The UK's Online Safety Act doesn't just age-gate porn; it blocks material deemed "harmful" to minors. Days after the law went into effect, reports of non-explicit content on social media getting blocked in the region started to crop up. Subreddits from r/IsraelCrimes to r/stopsmoking are now walled in the UK. Video games, Spotify, and dating apps have instituted or will institute age checks.
Given the SCOTUS age verification decision [June '25], Stabile fears that people [in the US] will go "mask off" in the fall and spring, when state legislatures start getting back together. "People are going to attempt to restrict the internet even more aggressively," Stabile said. "I think people are going to work to restrict all sorts of content, particularly LGBTQ content, but also content that is broadly defined as any sort of threat or propaganda to minors." Other experts Mashable spoke to agree with him.
"I'm going to jump to the end step," [Eric Goldman, law professor at the Santa Clara University School of Law] said. "The end step is that most online users are going to be required to age authenticate most of the time they visit websites. That's going to become the norm." In a paper he wrote, Goldman called these statutes "segregate-and-suppress" laws.
The stated reason behind these laws is to "protect children." But as journalist Taylor Lorenz pointed out, in the UK, age verification is already preventing children from accessing vital information, such as about menstruation and sexual assault.
"When we see crackdowns on spaces on the internet, we're essentially stripping away that potential for self-actualization," Goldman said. We've reached the dystopian stage of the internet, he added.
I disagree that the effects are negligible. Trouble forming relationships and having expectations that dont match reality are hard things to overcome. We are extremely social as a species so you should take that a bit more seriously.
As for CSAM, rape, and anything else like that, its already on pornhub and other sites. If you watch porn on those sites the chances are you've accidentally seen some of it. Thats without mentioning the abuse of power situations that lead to people being in porn they'd rather not be.
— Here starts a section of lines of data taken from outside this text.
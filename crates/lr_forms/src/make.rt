// What `create` and `createolddir` say.
ghost use Rattle.std.specs.Prelude.{◌≡◌};
ghost use Rattle.lr_forms.specs.Says.{texts};
ghost use Rattle.lr_forms.specs.Values.{mode_of, setting_make, made, make_says};

use crate::said::LineSaid;
use crate::set::Set;
use lr_lex::Word;
use lr_rules::{ConfKind, Make};
use lr_words::{first_mode, names_owner};

fn mode_of(values: &[Word]) -> Result<Option<u32>, ConfKind>
    ensures { result ≡ mode_of (texts values.now) }
{
    match values {
        [] => Ok(None),
        [word, ..] => first_mode(word.text.bytes()),
    }
}

fn making(olddir: bool, make: Make) -> Set
    ensures { result ≡ setting_make olddir make }
{
    if olddir {
        Set::CreateOlddir(make)
    } else {
        Set::Create(make)
    }
}

fn made(olddir: bool, words: usize, mode: Result<Option<u32>, ConfKind>) -> LineSaid
    ensures { result ≡ made olddir words mode }
{
    match mode {
        Err(kind) => LineSaid::Bad(kind),
        Ok(mode) => {
            let set = making(olddir, Make::Yes(mode));
            if names_owner(words, mode) {
                LineSaid::OwnerPassed(set)
            } else {
                LineSaid::Sets(set)
            }
        }
    }
}

/// What `createolddir`, or else `create`, says.
pub(crate) fn make_says(olddir: bool, values: &[Word]) -> LineSaid
    ensures { result ≡ make_says olddir (texts values.now) }
{
    made(olddir, values.len(), mode_of(values))
}
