//! The words of a script's lines: the numbers after a line's first character, and the line as an operation or as a list of items.
#![tactic(auto)]

ghost use Rattle.std.specs.Prelude.{◌≡◌, ◌+◌, ◌≤◌, false, true, length, IfSome};
ghost use Rattle.vectors_words.specs.Words.{spaced_of, line_end_of, grown_of, word_of, number_of, order_read};

use arrayvec::ArrayVec;
use vectors_operations::Order;

/// A number of a line, and the place after it. One that is too large, or is no number, is 65,536 or more.
// No `Option` stands for that, since `order_read` hands such a number of `m` and `z` on.
#[derive(Clone, Copy)]
struct Read {
    value: u64,
    end: usize,
}

/// A line's answer room in bytes, and its list: the first `size` bytes of `list`.
// An `ArrayVec` is not `Copy`, so the list has its size beside it.
#[derive(Clone, Copy)]
pub struct Given {
    pub room: usize,
    pub size: usize,
    pub list: [u8; 32],
}

/// Whether the text ends before `at` or has a space there.
#[tactic(auto, unfolding(crate::specs::Words::spaced_of))]
pub fn spaced(text: &[u8], at: usize) -> bool
    ensures { result ≡ spaced_of text.now at }
{
    match text.get(at) {
        Some(&c) => c == b' ',
        None => true,
    }
}

/// A number with one character more: a digit, or, where it is the first, a capital letter, which is its ASCII byte.
#[tactic(auto, unfolding(crate::specs::Words::grown_of))]
fn grown(n: u64, c: u8, hex: bool, first: bool) -> u64
    ensures { result ≡ grown_of n c hex first }
{
    if n > 65535 {
        return n;
    }
    match c {
        b'0'..=b'9' if hex => n * 16 + u64::from(c - b'0'),
        b'0'..=b'9' => n * 10 + u64::from(c - b'0'),
        b'A'..=b'Z' if first => u64::from(c),
        b'a'..=b'f' if hex => n * 16 + u64::from(c - b'a' + 10),
        _ => 65536,
    }
}

/// The number of a word, grown from `start`. `$` before it makes it one in hexadecimal.
fn value(start: u64, word: &[u8]) -> u64
    ensures { result ≡ word_of start false true word.now }
{
    let mut value = start;
    let mut hex = false;
    let mut first = true;
    for &c in word {
        if first && c == b'$' {
            hex = true;
        } else {
            value = grown(value, c, hex, first);
        }
        first = false;
    }
    value
}

/// The number after the space at `at`, 0 at the end of the text.
fn number(text: &[u8], at: usize) -> Read
    requires { at ≤ length text.now + 1 }
    ensures { result ≡ number_of text.now at }
{
    let rest = text.get(at + 1..).unwrap_or(&[]);
    let end = rest.iter().position(|&c| c == b' ').unwrap_or(rest.len());
    let start = if spaced(text, at) { 0 } else { 65536 };
    Read {
        value: value(start, &rest[..end]),
        end: at + 1 + end,
    }
}

/// A line of an operation and its numbers; `None` where the line is bad.
#[tactic(auto, unfolding(crate::specs::Words::order_read))]
pub fn read_order(text: &[u8]) -> Option<Order>
    requires { 1 ≤ length text.now }
    ensures { result ≡ order_read text.now }
{
    let first = number(text, 1);
    let second = number(text, first.end);
    let order = Order {
        op: text[0],
        a: first.value,
        b: second.value,
    };
    let good = text.len() <= second.end && vectors_operations::known(order.op, order.a, order.b);
    good.then_some(order)
}

/// The bytes of a line from `from` on; `None` where one is no byte, or there are more than 32.
#[tactic(auto, unfolding(crate::specs::Words::number_of))]
fn bytes(text: &[u8], from: usize) -> Option<ArrayVec<u8, 32>> {
    let mut list = ArrayVec::new();
    let mut at = from;
    // the next number begins where this one ends, whatever its length
    while at < text.len() {
        let number = number(text, at);
        let byte = u8::try_from(number.value).ok()?;
        list.try_push(byte).ok()?;
        at = number.end;
    }
    Some(list)
}

/// A line of an answer room and a list; `None` where the line is bad.
pub fn read_list(text: &[u8]) -> Option<Given>
    ensures room_bound { IfSome result (λ given. given.room ≤ 32) }
    ensures size_in_bounds { IfSome result (λ given. given.size ≤ length given.list) }
{
    let first = number(text, 1);
    if first.value > 32 {
        return None;
    }
    let bytes = bytes(text, first.end)?;
    let size = bytes.len();
    let mut list = [0; 32];
    list[..size].copy_from_slice(bytes.as_slice());
    Some(Given {
        room: first.value as usize,
        size,
        list,
    })
}

/// The end of the line that begins at `at`: the place of its line feed, else the length.
pub fn line_end(s: &[u8], at: usize) -> usize
    requires { at ≤ length s.now }
    ensures value { result ≡ line_end_of s.now at }
    ensures lower_bound { (at ≤ result) × (result ≤ length s.now) }
{
    let rest = &s[at..];
    let feed = rest.iter().position(|&c| c == b'\n');
    at + feed.unwrap_or(rest.len())
}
Comparing that to what I'm talking about is like comparing weed and meth. The CSAM there is generally 17yos lying and claiming they're 18+, and the rape is generally people who didn't consent to having their films published (but did consent to the sex), or it's roleplay with one of those as a the theme (e. g. step father nonsense). That's way different from "harder" CSAM and rape content where the victims are obviously not consenting. The difference is massive in terms of what viewers understand.
I'd much rather kids watch the former than the latter, but ideally they avoid both.
Oh I get it so pornhub has the okay kind of CSAM, got it. You keep digging that hole my man.
No, my point is the issues on Pornhub are violations of their policies, whereas the issues on other sites are the whole point of those sites and they're much more severe. The issues on Pornhub can be corrected by reporting them, the issues on the other sites won't.